И откуда силы взялись перечить взрослому мужчине? Где воспитание? Но я отталкиваю непрошеные мысли из головы, знаю, что в случае чего не справлюсь с таким бугаем.
— Извините, девушка, я малость перебрал. Не хочу злить Тихона, прилягу пока, и всё останется между нами, договорились?
— Хорошо, — с облегчением выдыхаю я.
Он заваливается на постель прямо поверх покрывала, а я становлюсь мыть посуду: заливаю её кипятком из чайника, наполняю и ставлю на электрическую плиту свежий. Водопровода в доме нет, как и газа. Хорошо ещё, что электричество подведено!
За весёлым шкварчанием чайника я не слышу других звуков.
Не слышу, что гость прекратил сопеть в подушку, что старая кровать легонько скрипнула, не слышу звука шагов по древним половицам.
Выключаю чайник.
Внезапно меня сбивает с ног нечто безумное, тяжёлое и неуправляемое. На лице рыжеволосого мужчины больше нет доброй улыбки, теперь там скорее — хищный оскал. Злой, искорёженный, вгоняющий в тоску смертную. Тоску о несбывшихся надеждах и порушенных планах. Тоску о моей жизни.
Я кричу и пытаюсь выкарабкаться из-под его тяжести, но терплю поражение. На улице безумствует Полкан. Хочет прекратить насилие жестокое, да только нет у пса рук, чтобы дверь отворить тяжёлую.
Виктор тяжело дышит и всё сильнее вжимается в моё тело, шарит одной рукой, свитер задрать пытается. Дотянуться до груди жаждет и сорвать грубой лаской целомудрие.
Тоненько подвываю, вторя Полкану, когда жёсткая рука накрывает мою голую грудь. Стыдно, страшно и противно. Почему мне так не везёт? Чем я Бога своего прогневала? Свято верила, не гуляла, берегла себя для мужа, нарядов вызывающих не носила — а словно меткой Его отмечена все беды с лихвой за срок короткий испытать.
А рука скользит, словно змея мерзкая, липким страхом меня опутывая, всё дальше, ниже. Знаю, чего хочет. Стянет с лёгкостью штаны хозяйские. Больше преграды никакой не будет, лишь одна — плёнка тонкая, сокрытая внутри моего тела.
Рука тянет по коже грубую ткань, и я захожусь в рыданиях.

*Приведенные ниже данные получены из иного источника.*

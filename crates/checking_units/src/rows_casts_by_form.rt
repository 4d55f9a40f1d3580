//! casts by form: what the definition of checking answers.
ghost use Rattle.std.specs.Prelude.{◌≡◌};
ghost use Rattle.checking_units.specs.Parts.{outcome, accepted, breaks};
ghost use Rattle.checking_units.specs.RowsCastsByForm as rows;

/// casts by form.
pub fn rows_casts_by_form()
    ensures casts_by_form_1 { outcome rows.casts_by_form_1 ≡ breaks 5 25 }
    ensures casts_by_form_2 { outcome rows.casts_by_form_2 ≡ breaks 5 25 }
    ensures casts_by_form_3 { outcome rows.casts_by_form_3 ≡ breaks 18 16 }
    ensures casts_by_form_4 { outcome rows.casts_by_form_4 ≡ breaks 18 16 }
    ensures casts_by_form_5 { outcome rows.casts_by_form_5 ≡ breaks 22 17 }
    ensures casts_by_form_6 { outcome rows.casts_by_form_6 ≡ breaks 18 29 }
    ensures casts_by_form_7 { outcome rows.casts_by_form_7 ≡ breaks 18 16 }
    ensures casts_by_form_8 { outcome rows.casts_by_form_8 ≡ accepted }
    ensures casts_by_form_9 { outcome rows.casts_by_form_9 ≡ breaks 5 32 }
{}
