//! C32: constexpr object needs a constant of its type: what the definition of checking answers.
ghost use Rattle.std.specs.Prelude.{◌≡◌};
ghost use Rattle.checking_units.specs.Parts.{outcome, breaks};
ghost use Rattle.checking_units.specs.RowsC32 as rows;

/// C32: constexpr object needs a constant of its type.
pub fn rows_c32()
    ensures c32_1 { outcome rows.c32_1 ≡ breaks 32 15 }
    ensures c32_2 { outcome rows.c32_2 ≡ breaks 32 30 }
    ensures c32_3 { outcome rows.c32_3 ≡ breaks 32 41 }
    ensures c32_4 { outcome rows.c32_4 ≡ breaks 32 34 }
    ensures c32_5 { outcome rows.c32_5 ≡ breaks 32 29 }
    ensures c32_6 { outcome rows.c32_6 ≡ breaks 32 20 }
    ensures c32_7 { outcome rows.c32_7 ≡ breaks 32 26 }
    ensures c32_8 { outcome rows.c32_8 ≡ breaks 32 22 }
    ensures c32_9 { outcome rows.c32_9 ≡ breaks 32 22 }
    ensures c32_10 { outcome rows.c32_10 ≡ breaks 32 45 }
    ensures c32_11 { outcome rows.c32_11 ≡ breaks 32 27 }
    ensures c32_12 { outcome rows.c32_12 ≡ breaks 32 35 }
    ensures c32_13 { outcome rows.c32_13 ≡ breaks 32 30 }
{}
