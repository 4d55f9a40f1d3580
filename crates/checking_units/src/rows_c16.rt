//! C16: value cannot be converted to the wanted type: what the definition of checking answers.
ghost use Rattle.std.specs.Prelude.{◌≡◌};
ghost use Rattle.checking_units.specs.Parts.{outcome, breaks};
ghost use Rattle.checking_units.specs.RowsC16 as rows;

/// C16: value cannot be converted to the wanted type.
pub fn rows_c16()
    ensures c16_1 { outcome rows.c16_1 ≡ breaks 16 41 }
    ensures c16_2 { outcome rows.c16_2 ≡ breaks 16 38 }
    ensures c16_3 { outcome rows.c16_3 ≡ breaks 16 30 }
    ensures c16_4 { outcome rows.c16_4 ≡ breaks 16 31 }
    ensures c16_5 { outcome rows.c16_5 ≡ breaks 16 64 }
    ensures c16_6 { outcome rows.c16_6 ≡ breaks 16 34 }
    ensures c16_7 { outcome rows.c16_7 ≡ breaks 16 55 }
    ensures c16_8 { outcome rows.c16_8 ≡ breaks 16 105 }
    ensures c16_9 { outcome rows.c16_9 ≡ breaks 16 45 }
{}
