//! initializers by form: what the definition of checking answers.
ghost use Rattle.std.specs.Prelude.{◌≡◌};
ghost use Rattle.checking_units.specs.Parts.{outcome, accepted, breaks};
ghost use Rattle.checking_units.specs.RowsInitializersByForm2 as rows;

/// initializers by form.
pub fn rows_initializers_by_form_2()
    ensures initializers_by_form_25 { outcome rows.initializers_by_form_25 ≡ breaks 22 17 }
    ensures initializers_by_form_26 { outcome rows.initializers_by_form_26 ≡ breaks 22 38 }
    ensures initializers_by_form_27 { outcome rows.initializers_by_form_27 ≡ breaks 23 33 }
    ensures initializers_by_form_28 { outcome rows.initializers_by_form_28 ≡ accepted }
    ensures initializers_by_form_29 { outcome rows.initializers_by_form_29 ≡ accepted }
    ensures initializers_by_form_30 { outcome rows.initializers_by_form_30 ≡ breaks 32 19 }
    ensures initializers_by_form_31 { outcome rows.initializers_by_form_31 ≡ breaks 25 6 }
    ensures initializers_by_form_32 { outcome rows.initializers_by_form_32 ≡ breaks 23 22 }
    ensures initializers_by_form_33 { outcome rows.initializers_by_form_33 ≡ breaks 17 57 }
    ensures initializers_by_form_34 { outcome rows.initializers_by_form_34 ≡ breaks 21 36 }
{}
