//! C39: function or object is defined twice: what the definition of checking answers.
ghost use Rattle.std.specs.Prelude.{◌≡◌};
ghost use Rattle.checking_units.specs.Parts.{outcome, breaks};
ghost use Rattle.checking_units.specs.RowsC39 as rows;

/// C39: function or object is defined twice.
pub fn rows_c39()
    ensures c39_1 { outcome rows.c39_1 ≡ breaks 39 16 }
    ensures c39_2 { outcome rows.c39_2 ≡ breaks 39 31 }
    ensures c39_3 { outcome rows.c39_3 ≡ breaks 39 38 }
    ensures c39_4 { outcome rows.c39_4 ≡ breaks 39 16 }
    ensures c39_5 { outcome rows.c39_5 ≡ breaks 39 16 }
{}
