//! C47: main has the wrong type: what the definition of checking answers.
ghost use Rattle.std.specs.Prelude.{◌≡◌};
ghost use Rattle.checking_units.specs.Parts.{outcome, breaks};
ghost use Rattle.checking_units.specs.RowsC47 as rows;

/// C47: main has the wrong type.
pub fn rows_c47()
    ensures c47_1 { outcome rows.c47_1 ≡ breaks 47 5 }
    ensures c47_2 { outcome rows.c47_2 ≡ breaks 47 6 }
    ensures c47_3 { outcome rows.c47_3 ≡ breaks 47 5 }
    ensures c47_4 { outcome rows.c47_4 ≡ breaks 47 5 }
    ensures c47_5 { outcome rows.c47_5 ≡ breaks 47 5 }
{}
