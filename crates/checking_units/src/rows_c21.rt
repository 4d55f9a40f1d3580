//! C21: value of type void is used: what the definition of checking answers.
ghost use Rattle.std.specs.Prelude.{◌≡◌};
ghost use Rattle.checking_units.specs.Parts.{outcome, breaks};
ghost use Rattle.checking_units.specs.RowsC21 as rows;

/// C21: value of type void is used.
pub fn rows_c21()
    ensures c21_1 { outcome rows.c21_1 ≡ breaks 21 38 }
    ensures c21_2 { outcome rows.c21_2 ≡ breaks 21 31 }
    ensures c21_3 { outcome rows.c21_3 ≡ breaks 21 31 }
    ensures c21_4 { outcome rows.c21_4 ≡ breaks 21 37 }
    ensures c21_5 { outcome rows.c21_5 ≡ breaks 21 36 }
    ensures c21_6 { outcome rows.c21_6 ≡ breaks 21 36 }
    ensures c21_7 { outcome rows.c21_7 ≡ breaks 21 74 }
    ensures c21_8 { outcome rows.c21_8 ≡ breaks 21 34 }
    ensures c21_9 { outcome rows.c21_9 ≡ breaks 21 30 }
    ensures c21_10 { outcome rows.c21_10 ≡ breaks 21 23 }
    ensures c21_11 { outcome rows.c21_11 ≡ breaks 21 37 }
    ensures c21_12 { outcome rows.c21_12 ≡ breaks 21 31 }
{}
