//! constant and static values: what the definition of checking answers.
ghost use Rattle.std.specs.Prelude.{◌≡◌};
ghost use Rattle.checking_units.specs.Parts.{outcome, accepted, breaks};
ghost use Rattle.checking_units.specs.RowsConstantAndStaticValues as rows;

/// constant and static values.
pub fn rows_constant_and_static_values()
    ensures constant_and_static_values_1 { outcome rows.constant_and_static_values_1 ≡ accepted }
    ensures constant_and_static_values_2 { outcome rows.constant_and_static_values_2 ≡ breaks 24 7 }
    ensures constant_and_static_values_3 { outcome rows.constant_and_static_values_3 ≡ breaks 24 7 }
    ensures constant_and_static_values_4 { outcome rows.constant_and_static_values_4 ≡ breaks 24 7 }
    ensures constant_and_static_values_5 { outcome rows.constant_and_static_values_5 ≡ breaks 25 7 }
    ensures constant_and_static_values_6 { outcome rows.constant_and_static_values_6 ≡ breaks 23 7 }
    ensures constant_and_static_values_7 { outcome rows.constant_and_static_values_7 ≡ breaks 30 33 }
    ensures constant_and_static_values_8 { outcome rows.constant_and_static_values_8 ≡ accepted }
    ensures constant_and_static_values_9 { outcome rows.constant_and_static_values_9 ≡ accepted }
    ensures constant_and_static_values_10 { outcome rows.constant_and_static_values_10 ≡ accepted }
    ensures constant_and_static_values_11 { outcome rows.constant_and_static_values_11 ≡ accepted }
    ensures constant_and_static_values_12 { outcome rows.constant_and_static_values_12 ≡ breaks 23 17 }
    ensures constant_and_static_values_13 { outcome rows.constant_and_static_values_13 ≡ breaks 23 59 }
    ensures constant_and_static_values_14 { outcome rows.constant_and_static_values_14 ≡ accepted }
    ensures constant_and_static_values_15 { outcome rows.constant_and_static_values_15 ≡ breaks 23 33 }
{}
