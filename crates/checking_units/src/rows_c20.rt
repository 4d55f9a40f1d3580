//! C20: operands of ?: do not agree: what the definition of checking answers.
ghost use Rattle.std.specs.Prelude.{◌≡◌};
ghost use Rattle.checking_units.specs.Parts.{outcome, breaks};
ghost use Rattle.checking_units.specs.RowsC20 as rows;

/// C20: operands of ?: do not agree.
pub fn rows_c20()
    ensures c20_1 { outcome rows.c20_1 ≡ breaks 20 33 }
    ensures c20_2 { outcome rows.c20_2 ≡ breaks 20 41 }
    ensures c20_3 { outcome rows.c20_3 ≡ breaks 20 34 }
    ensures c20_4 { outcome rows.c20_4 ≡ breaks 20 27 }
    ensures c20_5 { outcome rows.c20_5 ≡ breaks 20 39 }
{}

Не так я думала случится: если не по любви, то по достоинству и большому уважению. Не случайно. Не насильно!
Дверь о стену ударяется. С силой яростной, такой, что щепки летят. Ураган налетает на моего мучителя. Тёмный и страшный. Ошалелый. Одичавший в миг, стоило картину жестокости в своём доме увидеть.
Я закрываю глаза и плачу. Тихо, почти неслышно. Пока весь мир вокруг громыхает, пока звенит посуда. Пока шум не стихает.
Чувствую прикосновения невесомые: тело моё прикрывают руки заботливые, горячие и безопасные. Берут меня и с пола отрывают. Как пушинку. Словно и не вешу ни грамма.
А, может, и не вешу. Может, умерла со страху. Может, лишь душа моя плачет над остывающим телом.
Боюсь глаза открывать и проверять.
Глава 8
Он.
Всего один миг — оценить обстановку. Секунда. И вспышка ярости охватывает всего меня.
Вижу Витюшу, друга армейского, почти брата. Под ним навзничь лежит девчушка. Просит, умоляет, извивается. Слёзы градом катятся.
Свитер мой, что платье заменял, задран, на шее скомкан. Грудь оголённая взору моему представлена. Маленькая, нежная — в огромных руках обезумевшего друга.
Штаны приспущены. На ней. На нём, слава Богу, на месте. Его счастье.
Знаю, что не со зла. Что бесы вселяются в Витюшу, похлеще моих. Каждый, кто войну прошёл, вернулся израненным, гнилым внутри, с мрачной, тёмной, мёртвой душой.